Process improvements#

  1. Something about how to notice whether we’re hitting GKE node limits? *We can add a threshold to certain Grafana charts, indicating the current limit. Not sure how to keep it up-to-date. issue here.

  2. Consider dedicated nodes or cluster for large events we know are going to use Binder a lot (e.g. scipy.mybinder.org). see issue here

  3. Include a “tips and recommendations” step to the official “quota increase” issues. Maybe a short list of 5 items that instructors should consider (like “don’t make lots of changes just before the event”) and we get them to verbally say “yes” to before they are approved. issue here

Documentation improvements#

  1. Something about recommending to others not to make lots of builds of the repo just before an event (or to separate out content/env repos)

  2. Something about spreading out Binder clicks for events so they don’t all happen at once?

Add these to the documentation and then add a link to these docs to the github quota increase see here for an issue issue.

Code and Configuration changes#

  1. increase the number of placeholder pods on GKE while we expect larger than usual spikes from SciPy tutorials: PR.

  2. decrease launch timeout to 5 minutes. 10 minutes to launch is probably too long to start retrying. This chart (lots of lines!) shows brief periods of ‘retried’ launches, almost all of which are at 10 minutes, indicating that timeout is the majority cause:

    launch-time-chart

    If we limit to only the 99th percentile of successful launches, we see that launches almost never take longer than 5 minutes and then succeed:

    If we decrease the launch timeout to 5 minutes, this will likely increase our failure rate, according to metrics, but should clear out the queue of what are likely already failed launches according to users. The result should be a better experience. issue.

  3. We should investigate resource allocations to builds, and possible limit concurrent builds per repo to a very small number (killing old builds is probably a better user experience than blocking new ones), as the failure corresponds to a spike in builds but not a spike in launches. issue for information gathering here.
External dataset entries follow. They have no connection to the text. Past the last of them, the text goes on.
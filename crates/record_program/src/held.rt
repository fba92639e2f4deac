//! The record of a file that is one already, held while its archives are looked at. None is made.
ghost use Rattle.std.specs.Prelude.{◌≡◌, None, IfOk, IfErr};
ghost use Rattle.record_program.specs.Closing.{TrimsForGood};
ghost use Rattle.record_program.specs.Endings.{IsEnding, ShowsNone};
ghost use Rattle.record_program.specs.Opened.{IsRecordOf, TrimsOn};

use crate::closing::trimmed_for_good;
use crate::databases::Databases;
use crate::ending::Ending;
use crate::file::{database_of, opened_in, unseen};
use crate::look::{Look, looked};
use job_record::{JobRecord, RecordFault};
use plain_data::{Items, Text};
use sqlite::FileStore;
use sqlite_disk::Disk;
use std::alloc::Global;
use std::rt::Files as Folder;
use std::{fs, mem};

/// Lets archives of a file's record go, those of the oldest last use first, until the others have at most so many bytes together.
pub fn trimmed_on<R: AllocGlobal + Folder + Databases>(
    rt: &R,
    file: &str,
    budget: u64,
) -> (Ending, Items<Text>)
    ensures ending { IsEnding result.0 }
    ensures whose { TrimsOn R.Medium.Disk (R.opens rt.now file.now) budget result.0 result.1 }
{
    match held_record(rt, file) {
        Ok(kept) => trimmed_in(rt.alloc(), kept, budget),
        Err(ending) => (ending, Items::new(rt.alloc())),
    }
}

fn trimmed_in<D: Disk + Drop>(
    alloc: Global,
    kept: JobRecord<FileStore<D>>,
    budget: u64,
) -> (Ending, Items<Text>)
    ensures ending { IsEnding result.0 }
    ensures closes { (files : _)
        × TrimsForGood D.Disk budget kept.space kept.conn result.0 result.1 files }
{
    let (ending, lost, files) = trimmed_for_good(alloc, kept, budget);
    mem::drop(files);
    (ending, lost)
}

/// Opens the record of a file, also one of version 1, which is made one of version 2. Gives the ending where the file holds none.
pub fn held_record<R: AllocGlobal + Folder + Databases>(
    rt: &R,
    file: &str,
) -> Result<JobRecord<FileStore<R::Medium>>, Ending>
    ensures space { IfOk result
        (λ kept. kept.space ≡ record { budget = None; counted = None }) }
    ensures whose { IfOk result (λ kept. IsRecordOf R.Medium.Disk (R.opens rt.now file.now)
        None kept.conn) }
    ensures err { IfErr result ShowsNone }
{
    match fs::metadata(rt, file) {
        Ok(found) if found.is_dir() => Err(Ending::Input),
        Ok(_) => held_in_file(rt, file),
        Err(error) => Err(unseen(&error)),
    }
}

fn held_in_file<R: AllocGlobal + Folder + Databases>(
    rt: &R,
    file: &str,
) -> Result<JobRecord<FileStore<R::Medium>>, Ending>
    ensures space { IfOk result
        (λ kept. kept.space ≡ record { budget = None; counted = None }) }
    ensures whose { IfOk result (λ kept. IsRecordOf R.Medium.Disk (R.opens rt.now file.now)
        None kept.conn) }
    ensures err { IfErr result ShowsNone }
{
    match looked(rt, file) {
        Ok(look) => held_in_look(rt, file, &look),
        Err(fault) => Err(Ending::Record(fault)),
    }
}

// A file that holds nothing is not opened, since the store would begin a record in it.
fn held_in_look<R: AllocGlobal + Folder + Databases>(
    rt: &R,
    file: &str,
    look: &Look,
) -> Result<JobRecord<FileStore<R::Medium>>, Ending>
    ensures space { IfOk result
        (λ kept. kept.space ≡ record { budget = None; counted = None }) }
    ensures whose { IfOk result (λ kept. IsRecordOf R.Medium.Disk (R.opens rt.now file.now)
        None kept.conn) }
    ensures err { IfErr result ShowsNone }
{
    if look.is_empty() {
        return Err(Ending::Record(RecordFault::NotARecord));
    }
    match opened_as_it_is(rt, file, look.new_log()) {
        Ok(kept) => Ok(kept),
        Err(fault) => Err(Ending::Record(fault)),
    }
}

// What a budget lets go leaves room and takes none, so the record is opened without one.
fn opened_as_it_is<R: AllocGlobal + Folder + Databases>(
    rt: &R,
    file: &str,
    new_log: Option<&str>,
) -> Result<JobRecord<FileStore<R::Medium>>, RecordFault>
    ensures space { IfOk result
        (λ kept. kept.space ≡ record { budget = None; counted = None }) }
    ensures whose { IfOk result (λ kept. IsRecordOf R.Medium.Disk (R.opens rt.now file.now)
        None kept.conn) }
{
    match database_of(rt, file, new_log) {
        Ok(conn) => opened_in(rt, conn, new_log, None, false),
        Err(fault) => Err(fault),
    }
}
  4. Use in-progress metrics (binderhub_inprogress_launches|builds) for instant feedback about current launch/build requests. Our launch_time_seconds metrics are only recorded when the launch either succeeds or fails, resulting in an inaccurately smooth and delayed metrics report. For example: 120 requests in 1 second that complete one at a time over a minute will look like a smooth 2 requests/second in the current metrics. done in grafana.

  5. Implement a quota on prod so that pending pods beyond capacity fail informatively, rather than queuing, continuing to add to the load?